Firstly, Vladimir Putin possesses little genuine interest in the Donbas and Luhansk regions themselves. These territories now lie devastated, their infrastructure reduced to ruins—as evidenced by the current acute shortage of drinking water. Their economies were dominated by coal mining and largely obsolete heavy industries that will contribute precious little to Russia’s economic future.

Territorial continuity with Crimea and complete control over the Sea of Azov represent significant gains for Russian imperialism. Nevertheless, these acquisitions remain secondary to Vladimir Putin’s primary war objective: gaining control over Ukraine as a whole by transforming it into another Belarus, reintegrating it fully into Russia’s sphere of influence without necessarily requiring complete military occupation.

A democratic Ukraine, flourishing as a member of the European Union and developing economically as rapidly as Poland has done, would remain—in Putin’s calculations—far too dangerous a threat to his autocratic and kleptocratic regime, regardless of territorial losses it might suffer.
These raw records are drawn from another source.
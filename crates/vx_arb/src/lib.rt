//! The arbitrator: it hands out one capacity among many queries, and writes down every change.
//!
//!     begin_request · (shrink · reclaim · look)* · grant, abort or drop_request
//!
//! A query that lacks capacity begins a request. The arbitrator takes unused capacity from the others,
//! makes them reclaim, looks at what is left, and then grants what is missing or aborts one. An abort is
//! possible only where it is unavoidable: nothing can be reclaimed any more, and nothing lies unused.
//!
//! `specs/Log.antt` says what the log makes of each job's capacity and of the free one,
//! `specs/Unmet.antt` when an abort was unavoidable, `specs/Books.antt` what the arbitrator keeps.
#![tactic(auto)]

mod arbiter;
mod entries;
mod members;
mod requests;
mod rows;
mod sights;

pub use arbiter::Arb;
pub use entries::{AbortNote, Entry, Look, Looks, NoteCause};
pub use members::{Lack, Member, Move};
pub use requests::{Lacking, Request};
pub use rows::{Admitted, Live, Standing};
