//! Chunks of bytes by number.

use std::test::Fail;
use vx_raw::{Place, Region};

#[test]
fn bytes_stand_where_they_were_written(rt: HostRuntime) -> Result<(), Fail> {
    let mut region = Region::new(rt.alloc());
    let chunk = region.grow(16)?;
    region.write(Place { chunk, at: 5 }, b"abc");
    region.write(Place { chunk, at: 7 }, b"de");
    assert_eq!(rt;
        region.bytes(Place { chunk, at: 4 }, 6),
        b"\0abde\0".as_slice()
    );
    assert_eq!(rt; region.bytes(Place { chunk, at: 16 }, 0), b"".as_slice());
    region.close();
    Ok(())
}

#[test]
fn other_chunks_stay_zeros(rt: HostRuntime) -> Result<(), Fail> {
    let mut region = Region::new(rt.alloc());
    let first = region.grow(8)?;
    let second = region.grow(8)?;
    region.write(
        Place {
            chunk: first,
            at: 0,
        },
        b"overwritten bytes".split_at(8).0,
    );
    assert_eq!(rt;
        region.bytes(
            Place {
                chunk: first,
                at: 0
            },
            8
        ),
        b"overwrit".as_slice()
    );
    assert_eq!(rt;
        region.bytes(
            Place {
                chunk: second,
                at: 0
            },
            8
        ),
        b"\0\0\0\0\0\0\0\0".as_slice()
    );
    Ok(())
}

#[test]
fn a_chunk_that_is_shed_keeps_its_number(rt: HostRuntime) -> Result<(), Fail> {
    let mut region = Region::new(rt.alloc());
    assert_eq!(rt; region.grow(4_096), Ok(0));
    assert_eq!(rt; region.grow(8), Ok(1));
    assert_eq!(rt; region.held(), 4_104);
    region.shed(0);
    region.shed(0);
    assert_eq!(rt; region.held(), 8);
    assert_eq!(rt; region.bytes(Place { chunk: 0, at: 0 }, 0), b"".as_slice());
    assert_eq!(rt; region.grow(16), Ok(2));
    assert_eq!(rt; region.held(), 24);
    Ok(())
}

#[test]
fn numbers_start_anew_when_nothing_is_held(rt: HostRuntime) -> Result<(), Fail> {
    let mut region = Region::new(rt.alloc());
    assert_eq!(rt; region.grow(8), Ok(0));
    assert_eq!(rt; region.grow(8), Ok(1));
    region.shed(1);
    region.shed(0);
    assert_eq!(rt; region.held(), 0);
    assert_eq!(rt; region.grow(8), Ok(0));
    Ok(())
}
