//! What the log says: one entry for each change of a job's capacity.
ghost use Rattle.std.specs.Prelude.{◌≡◌};

use std::marker::Model;

/// Why no request of the job could be met: the job's own max, or the total of all.
#[derive(Clone, Copy, Debug, PartialEq, Eq)]
pub enum NoteCause {
    Total,
    Own,
}

/// What an aborted job is told, and what the log keeps of it. Amounts are bytes.
#[derive(Clone, Copy, Debug, PartialEq, Eq)]
pub struct AbortNote {
    pub request: u64,
    /// The job whose request it was.
    pub by: u32,
    /// The job that was aborted.
    pub job: u32,
    pub cause: NoteCause,
    pub need: u64,
    pub free: u64,
    /// How many looks the request had taken.
    pub looks: u32,
}

/// What a request saw of a job: the capacity that it doesn't use, and what it could still reclaim.
#[derive(Clone, Copy, Debug, PartialEq, Eq)]
pub struct Look {
    pub job: u32,
    pub unused: u64,
    pub reclaimable: u64,
}

/// The looks that an abort rested on. Contracts see the list.
#[derive(Debug, Drop)]
pub struct Looks {
    looks: Vec<Look>,
}

impl Model for Looks {
    ghost use Rattle.std.specs.Prelude.{List};
    ghost use Rattle.vx_arb.specs.declared.entries.Look.{Look};

    ghost Value = { List Look };

    ghost view = { λ looks. looks.looks.items };
}

impl Looks {
    /// Keeps the looks of a list without taking memory.
    pub fn from_vec(looks: Vec<Look>) -> Self
        ensures { result ≡ looks.items }
    {
        Looks { looks }
    }

    pub fn as_slice(&self) -> &[Look]
        ensures { result.now ≡ self.now }
    {
        &self.looks
    }
}

/// One change of a job's capacity, in bytes.
#[derive(Debug, Drop)]
pub enum Entry {
    Grant {
        job: u32,
        amount: u64,
    },
    Shrink {
        job: u32,
        amount: u64,
    },
    Reclaim {
        job: u32,
        amount: u64,
    },
    Abort {
        note: AbortNote,
        amount: u64,
        looks: Looks,
    },
    Retire {
        job: u32,
        amount: u64,
    },
}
In autocratic regimes such as Putin’s, delivering honest assessments to leaders often proves perilous for those brave enough to attempt it. Despite the serious military setbacks his armies have endured over three gruelling years—hundreds of thousands of soldiers killed and maimed, thousands of tanks destroyed—Putin remains flattered by the courtiers surrounding him and systematically misinformed by his generals’ misleading reports.

These military briefings consistently underestimate Russian losses whilst embellishing successes in equal measure. Vladimir Putin therefore probably continues to believe that Russian forces stand on the verge of decisive military victory and that Ukrainian resistance will soon collapse if he maintains relentless pressure.

The same dynamic applies to assessments of Russia’s economic condition, whose technocratic leaders certainly attempt to conceal from Putin the extent of structural decay and the mounting impact of Western sanctions. This information ecosystem creates a structural tendency for Putin to believe his position far stronger than reality suggests.

Peace would threaten his regime’s survival

Since 2022, the Russian president has reoriented Russia’s entire economy towards wartime production whilst channelling all political rhetoric towards imperial conquest. In this context, peace in Ukraine would constitute a major destabilising factor for Putin’s grip on power, given its inevitable economic and social consequences.

The salaries paid to soldiers fighting in Ukraine vastly exceed those available in Russia’s civilian economy. Military wages thus help mitigate war’s economic consequences for the most vulnerable populations, particularly in the country’s impoverished regions. Peace would starkly expose the extent of deterioration within Russia’s civilian economy and the massive accumulated effects of insufficient investment in basic infrastructure maintenance since 2022.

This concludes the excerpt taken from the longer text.